# Looking for simple explaination on wiring size for 3 hp single phase motor?



## DocSavage45 (Aug 14, 2010)

Hey LJ's,

Started to look at assembly instructions and specifications for my new 3 hp dust collector.

This is after I struggled and succeeded running two 30 amp lines, 30 feet through 1/2 inch metal conduit , had an *electrician consult*, screwed up bending the conduit but got it on the 3rd try. Walked back and forth, pushed and pulled and finally was successful.

On to setting up my new 3 hp Grizzly dust collector. Also a new remote 220 3.5 hp Long Ranger from PSI ( *Dust Collector in a Garden Shed next to the shop).*

Looking inside the remote receiver I found wires of the type I use to wire a door bell? Can these handle the load from the motor? Then look at specifications regarding the line cord for the dust collector? 14 awg????? Won't that be harmful?

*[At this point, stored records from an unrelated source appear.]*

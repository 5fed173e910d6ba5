//! The rows of several decisions taken away, in one transaction of the database.
ghost use Rattle.std.specs.Prelude.{◌≡◌, ◌<◌, ◌≢◌, IfErr, IsTrue, OnOk, length};
ghost use Rattle.std.specs.List.{AllByRecursion};
ghost use Rattle.sqlite.specs.Held.{state};
ghost use Rattle.sqlite.specs.State.{HasCleanDisk, KeepsCommit, Survives};
ghost use Rattle.xa_log.specs.Content.{without_decision, without_decisions};
ghost use Rattle.xa_log.specs.Contract.{FitsRow, Makes};
ghost use Rattle.xa_sql_log.specs.Rows.{IsLog};
ghost use Rattle.xa_sql_log.specs.Sql.{HasMade, IsInsideLog, IsOrderly, MayChange, content_in};
ghost use Rattle.xa_log.specs.declared.log_fault.LogFault.{LogFault};

use crate::meta::find_incarnation;
use crate::statements::{of_store, stored};
use sqlite::{Alter, Connection, Transaction, params};
use xa_base::Gtrid;
use xa_log::LogFault;

/// Takes the row of a transaction away, if there is one, and its participants with it.
fn delete_decision<S: Alter>(tx: &mut Transaction<'_, S>, g: Gtrid) -> Result<(), LogFault>
    requires { FitsRow g }
    ensures same_reference { tx.new.conn.ghost_name ≡ tx.old.conn.ghost_name }
    ensures taken { IsLog (state S.Store tx.old.conn.now).now
        → IsTrue (state S.Store tx.old.conn.now).in_transaction
        → HasCleanDisk (state S.Store tx.new.conn.now)
        → OnOk result (HasMade (without_decision g) (state S.Store tx.old.conn.now)
        (state S.Store tx.new.conn.now)) }
    ensures live { HasCleanDisk (state S.Store tx.new.conn.now)
        → OnOk result (IsTrue (state S.Store tx.old.conn.now).is_open) }
    ensures kept { HasCleanDisk (state S.Store tx.new.conn.now)
        → KeepsCommit (state S.Store tx.old.conn.now) (state S.Store tx.new.conn.now) }
    ensures survives { Survives (state S.Store tx.old.conn.now)
        (state S.Store tx.new.conn.now) (λ _. ⊥) }
    ensures unspent { IfErr result (λ fault. fault ≢ LogFault.Spent) }
{
    of_store(tx.execute(
        "DELETE FROM decision WHERE inc = ?1 AND seq = ?2",
        params![stored(g.incarnation), stored(g.sequence)],
    ))?;
    Ok(())
}

/// Takes the rows of these transactions away.
fn delete_each<S: Alter>(tx: &mut Transaction<'_, S>, gtrids: &[Gtrid]) -> Result<(), LogFault>
    requires fits { AllByRecursion FitsRow gtrids.now }
    requires some { 0 < length gtrids.now }
    ensures same_reference { tx.new.conn.ghost_name ≡ tx.old.conn.ghost_name }
    ensures taken { IsInsideLog (state S.Store tx.old.conn.now)
        → HasCleanDisk (state S.Store tx.new.conn.now)
        → OnOk result (HasMade (without_decisions gtrids.now) (state S.Store tx.old.conn.now)
        (state S.Store tx.new.conn.now)) }
    ensures kept { HasCleanDisk (state S.Store tx.new.conn.now)
        → KeepsCommit (state S.Store tx.old.conn.now) (state S.Store tx.new.conn.now) }
    ensures survives { Survives (state S.Store tx.old.conn.now)
        (state S.Store tx.new.conn.now) (λ _. ⊥) }
    ensures unspent { IfErr result (λ fault. fault ≢ LogFault.Spent) }
{
    for g in gtrids {
        delete_decision(tx, *g)?;
    }
    Ok(())
}

/// Takes the rows of these transactions away, or none of them.
fn delete_all<S: Alter>(conn: &mut Connection<S>, gtrids: &[Gtrid]) -> Result<(), LogFault>
    requires fits { AllByRecursion FitsRow gtrids.now }
    requires some { 0 < length gtrids.now }
    ensures changes { MayChange (without_decisions gtrids.now) (state S.Store conn.old)
        (state S.Store conn.new) }
    ensures ok { IsOrderly (state S.Store conn.old) → HasCleanDisk (state S.Store conn.new)
        → OnOk result (Makes (without_decisions gtrids.now)
        (content_in (state S.Store conn.old)) (content_in (state S.Store conn.new))) }
    ensures unspent { IfErr result (λ fault. fault ≢ LogFault.Spent) }
{
    if !conn.is_autocommit() {
        return Err(LogFault::Store);
    }
    let mut tx = conn.transaction();
    delete_each(&mut tx, gtrids)?;
    of_store(tx.commit())?;
    Ok(())
}

/// Takes the decisions of these transactions away with their participants. A transaction without a row may be named.
pub(crate) fn done_all<S: Alter>(conn: &mut Connection<S>, gtrids: &[Gtrid]) -> Result<(), LogFault>
    requires fits { AllByRecursion FitsRow gtrids.now }
    ensures changes { MayChange (without_decisions gtrids.now) (state S.Store conn.old)
        (state S.Store conn.new) }
    ensures ok { IsOrderly (state S.Store conn.old) → HasCleanDisk (state S.Store conn.new)
        → OnOk result (Makes (without_decisions gtrids.now)
        (content_in (state S.Store conn.old)) (content_in (state S.Store conn.new))) }
    ensures unspent { IfErr result (λ fault. fault ≢ LogFault.Spent) }
{
    if gtrids.is_empty() {
        // of a log that is shut this fails too
        find_incarnation(conn)?;
        return Ok(());
    }
    delete_all(conn, gtrids)
}
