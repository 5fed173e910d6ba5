//! What the rows of an answer say.
ghost use Rattle.std.specs.Prelude.{◌≡◌, ◌<◌, ◌⊎◌, IfErr, IfOk, Some, length, ◌≢◌};
ghost use Rattle.sqlite.specs.Order.{column};
ghost use Rattle.xa_base.specs.Code.{how_of_number};
ghost use Rattle.xa_sql_log.specs.Faults.{cell_fault_of};
ghost use Rattle.xa_sql_log.specs.Rows.{branch_from, gtrid_from, integer_in, participant_from};
ghost use Rattle.xa_log.specs.declared.log_fault.LogFault.{LogFault};

use sqlite::types::FromSql;
use sqlite::{Error, ErrorCode, Row};
use xa_base::{Branch, Gtrid, How};
use xa_log::LogFault;

/// The fault of a cell that wasn't read.
fn cell_fault(error: Error) -> LogFault
    ensures told { result ≡ cell_fault_of error }
    ensures kind { (result ≡ LogFault.Version) ⊎ (result ≡ LogFault.Memory) }
    ensures misfit { result ≡ LogFault.Version → error ≢ Error.SqliteFailure ErrorCode.OutOfMemory }
{
    match error {
        Error::SqliteFailure(ErrorCode::OutOfMemory) => LogFault::Memory,
        _ => LogFault::Version,
    }
}

/// The number in a column.
pub(crate) fn number<T: FromSql>(row: &Row, at: usize) -> Result<T, LogFault>
    ensures ok { IfOk result (T.FromSql.reads_as (column row.now at)) }
    ensures err { IfErr result (λ fault.
        (fault ≡ LogFault.Version) ⊎ (fault ≡ LogFault.Memory)) }
    ensures misfit { IfErr result (λ fault. fault ≡ LogFault.Version → at < length row.now →
        ¬ T.FromSql.is_readable (column row.now at)) }
{
    match row.get(at) {
        Ok(number) => Ok(number),
        Err(error) => Err(cell_fault(error)),
    }
}

/// The transaction in the first two columns.
pub(crate) fn gtrid(row: &Row) -> Result<Gtrid, LogFault>
    ensures ok { IfOk result (λ g. g ≡ gtrid_from row.now) }
    ensures unspent { IfErr result (λ fault. fault ≢ LogFault.Spent) }
{
    Ok(Gtrid {
        incarnation: number(row, 0)?,
        sequence: number(row, 1)?,
    })
}

/// The branch in the first four columns.
pub(crate) fn branch(row: &Row) -> Result<Branch, LogFault>
    ensures ok { IfOk result (λ b. b ≡ branch_from row.now) }
    ensures unspent { IfErr result (λ fault. fault ≢ LogFault.Spent) }
{
    Ok(Branch {
        gtrid: gtrid(row)?,
        thread: number(row, 2)?,
        rm: number(row, 3)?,
    })
}

/// The branch of a known transaction whose thread and resource manager are in the first two columns.
pub(crate) fn participant(g: Gtrid, row: &Row) -> Result<Branch, LogFault>
    ensures ok { IfOk result (λ b. b ≡ participant_from g row.now) }
    ensures unspent { IfErr result (λ fault. fault ≢ LogFault.Spent) }
{
    Ok(Branch {
        gtrid: g,
        thread: number(row, 0)?,
        rm: number(row, 1)?,
    })
}

/// The heuristic end whose number is in a column.
pub(crate) fn how(row: &Row, at: usize) -> Result<How, LogFault>
    ensures ok { IfOk result (λ how. Some how ≡ how_of_number (integer_in (column row.now at))) }
    ensures err { IfErr result (λ fault.
        (fault ≡ LogFault.Version) ⊎ (fault ≡ LogFault.Memory)) }
{
    How::from_number(number(row, at)?).ok_or(LogFault::Version)
}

I'm running number ten awg wire to the outlets per electrician suggestion for 3 hp motor.

The specs for grizzly are a 20 amp circuit? Hugh?

Have looked on other forum topics regarding wiring. And some engineering sites that even suggest a 14 gauge wire at the end leg of a circuit run without ground fault as it's 3 wire.

*Somewhere I have read that smaller wire sizes and cause loss of efficiency and overheating wear on the motor? Being that the Dust Collector will be the most run motor I want to keep it healthy and efficient.*

My second concern is about the small wire sizes in the remote which is supposed to be designed for a 3.5 hp motor?

I'm setting it up and do not want to do this again. so I thought I'd pose the questions here and see if I'd get a tech savvy relatively simple answer. LOL!

Thanks!


----------



## darthford (Feb 17, 2013)

The remote likely only draws a fraction of 1 amp to activate a relay, likely a magnetic relay, which is the switch that turns the dust collector motor on/off when you operated the remote. So the coil side of the relay (what makes the relay switch open and close) uses very little current hence a small gauge wire.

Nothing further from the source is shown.